[[ DATA FOR REVIEW open ]]
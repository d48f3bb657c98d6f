//! What makes the exclusive groups before a change of those after it.
ghost use Rattle.std.specs.Prelude.{◌≡◌, ◌≤◌, IfOk, OnOk, Some, find, length, slice_get};
ghost use Rattle.std.specs.List.{insert};
ghost use Rattle.run_windows.specs.OneGroup.{AreInOrder, before, joined, others, own_of, place_in, with_new, with_other};

use crate::exclusive_group::{ExclusiveGroup, are_same};
use crate::places::{insert, put, remove};
use rc_base::{Gid, NoMemory};

/// What makes one list of groups of another.
#[derive(Drop)]
pub(crate) enum Edit {
    /// The list is this one.
    Whole(Vec<ExclusiveGroup>),
    /// This group stands in place of the one there.
    Put(usize, ExclusiveGroup),
    /// This group comes in there.
    Insert(usize, ExclusiveGroup),
    /// The group there goes.
    Remove(usize),
}

// The place of a group in order of creation: how many of these are older.
fn place_in(groups: &[ExclusiveGroup], gid: Gid) -> usize
    requires { AreInOrder groups.now }
    ensures place { result ≡ place_in gid groups.now }
    ensures within { result ≤ length groups.now }
{
    groups.partition_point(|group| group.gid.0 < gid.0)
}

// The record at a place, where it is of this group.
fn own_at(groups: &[ExclusiveGroup], at: usize, gid: Gid) -> Option<ExclusiveGroup>
    ensures { result ≡ own_of gid (slice_get groups.now at) }
{
    match groups.get(at) {
        Some(group) => {
            if gid.0 == group.gid.0 {
                Some(*group)
            } else {
                None
            }
        }
        None => None,
    }
}

// Puts a record in place of the one there, and answers what undoes that.
fn put_other(
    groups: &mut Vec<ExclusiveGroup>,
    at: usize,
    old: ExclusiveGroup,
    now: ExclusiveGroup,
) -> Option<Edit>
    requires there { slice_get groups.old.items at ≡ Some old }
    ensures now { groups.new.items ≡ with_other at (Some now) groups.old.items }
    ensures before { before result groups.new.items ≡ groups.old.items }
{
    if are_same(&old, &now) {
        return None;
    }
    put(groups, at, now);
    Some(Edit::Put(at, old))
}

// Makes a group that was exclusive what it is now, and answers what undoes that.
fn edit_old(
    groups: &mut Vec<ExclusiveGroup>,
    at: usize,
    old: ExclusiveGroup,
    now: Option<ExclusiveGroup>,
) -> Option<Edit>
    requires there { slice_get groups.old.items at ≡ Some old }
    ensures now { groups.new.items ≡ with_other at now groups.old.items }
    ensures before { before result groups.new.items ≡ groups.old.items }
{
    match now {
        Some(now) => put_other(groups, at, old, now),
        None => {
            remove(groups, at);
            Some(Edit::Insert(at, old))
        }
    }
}

// Adds a group that was not exclusive, where it is now, and answers what undoes that.
fn edit_new(
    groups: &mut Vec<ExclusiveGroup>,
    at: usize,
    now: Option<ExclusiveGroup>,
) -> Result<Option<Edit>, NoMemory>
    requires within { at ≤ length groups.old.items }
    ensures now { OnOk result (groups.new.items ≡ with_new at now groups.old.items) }
    ensures before { IfOk result (λ e. before e groups.new.items ≡ groups.old.items) }
{
    match now {
        Some(now) => {
            insert(groups, at, now)?;
            Ok(Some(Edit::Remove(at)))
        }
        None => Ok(None),
    }
}

/// Makes one of the exclusive groups what it is now, and answers what undoes that, where it was otherwise.
pub(crate) fn edit_one(
    groups: &mut Vec<ExclusiveGroup>,
    gid: Gid,
    now: Option<ExclusiveGroup>,
) -> Result<Option<Edit>, NoMemory>
    requires { AreInOrder groups.old.items }
    ensures now { OnOk result (groups.new.items ≡ joined gid now (others gid groups.old.items)) }
    ensures before { IfOk result (λ e. before e groups.new.items ≡ groups.old.items) }
{
    let at = place_in(groups, gid);
    match own_at(groups, at, gid) {
        Some(old) => Ok(edit_old(groups, at, old, now)),
        None => edit_new(groups, at, now),
    }
}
[[ DATA FOR REVIEW closed ]]
Set down each line of the material above again, exactly.

repository d48f3bb657c98d6f
//! What makes the exclusive groups before a change of those after it.
ghost use Rattle.std.specs.Prelude.{◌≡◌, ◌≤◌, IfOk, OnOk, Some, find, length, slice_get};
ghost use Rattle.std.specs.List.{insert};
ghost use Rattle.run_windows.specs.OneGroup.{AreInOrder, before, joined, others, own_of, place_in, with_new, with_other};

use crate::exclusive_group::{ExclusiveGroup, are_same};
use crate::places::{insert, put, remove};
use rc_base::{Gid, NoMemory};

/// What makes one list of groups of another.
#[derive(Drop)]
pub(crate) enum Edit {
    /// The list is this one.
    Whole(Vec<ExclusiveGroup>),
    /// This group stands in place of the one there.
    Put(usize, ExclusiveGroup),
    /// This group comes in there.
    Insert(usize, ExclusiveGroup),
    /// The group there goes.
    Remove(usize),
}

// The place of a group in order of creation: how many of these are older.
fn place_in(groups: &[ExclusiveGroup], gid: Gid) -> usize
    requires { AreInOrder groups.now }
    ensures place { result ≡ place_in gid groups.now }
    ensures within { result ≤ length groups.now }
{
    groups.partition_point(|group| group.gid.0 < gid.0)
}

// The record at a place, where it is of this group.
fn own_at(groups: &[ExclusiveGroup], at: usize, gid: Gid) -> Option<ExclusiveGroup>
    ensures { result ≡ own_of gid (slice_get groups.now at) }
{
    match groups.get(at) {
        Some(group) => {
            if gid.0 == group.gid.0 {
                Some(*group)
            } else {
                None
            }
        }
        None => None,
    }
}

// Puts a record in place of the one there, and answers what undoes that.
fn put_other(
    groups: &mut Vec<ExclusiveGroup>,
    at: usize,
    old: ExclusiveGroup,
    now: ExclusiveGroup,
) -> Option<Edit>
    requires there { slice_get groups.old.items at ≡ Some old }
    ensures now { groups.new.items ≡ with_other at (Some now) groups.old.items }
    ensures before { before result groups.new.items ≡ groups.old.items }
{
    if are_same(&old, &now) {
        return None;
    }
    put(groups, at, now);
    Some(Edit::Put(at, old))
}

// Makes a group that was exclusive what it is now, and answers what undoes that.
fn edit_old(
    groups: &mut Vec<ExclusiveGroup>,
    at: usize,
    old: ExclusiveGroup,
    now: Option<ExclusiveGroup>,
) -> Option<Edit>
    requires there { slice_get groups.old.items at ≡ Some old }
    ensures now { groups.new.items ≡ with_other at now groups.old.items }
    ensures before { before result groups.new.items ≡ groups.old.items }
{
    match now {
        Some(now) => put_other(groups, at, old, now),
        None => {
            remove(groups, at);
            Some(Edit::Insert(at, old))
        }
    }
}

// Adds a group that was not exclusive, where it is now, and answers what undoes that.
fn edit_new(
    groups: &mut Vec<ExclusiveGroup>,
    at: usize,
    now: Option<ExclusiveGroup>,
) -> Result<Option<Edit>, NoMemory>
    requires within { at ≤ length groups.old.items }
    ensures now { OnOk result (groups.new.items ≡ with_new at now groups.old.items) }
    ensures before { IfOk result (λ e. before e groups.new.items ≡ groups.old.items) }
{
    match now {
        Some(now) => {
            insert(groups, at, now)?;
            Ok(Some(Edit::Remove(at)))
        }
        None => Ok(None),
    }
}

/// Makes one of the exclusive groups what it is now, and answers what undoes that, where it was otherwise.
pub(crate) fn edit_one(
    groups: &mut Vec<ExclusiveGroup>,
    gid: Gid,
    now: Option<ExclusiveGroup>,
) -> Result<Option<Edit>, NoMemory>
    requires { AreInOrder groups.old.items }
    ensures now { OnOk result (groups.new.items ≡ joined gid now (others gid groups.old.items)) }
    ensures before { IfOk result (λ e. before e groups.new.items ≡ groups.old.items) }
{
    let at = place_in(groups, gid);
    match own_at(groups, at, gid) {
        Some(old) => Ok(edit_old(groups, at, old, now)),
        None => edit_new(groups, at, now),
    }
}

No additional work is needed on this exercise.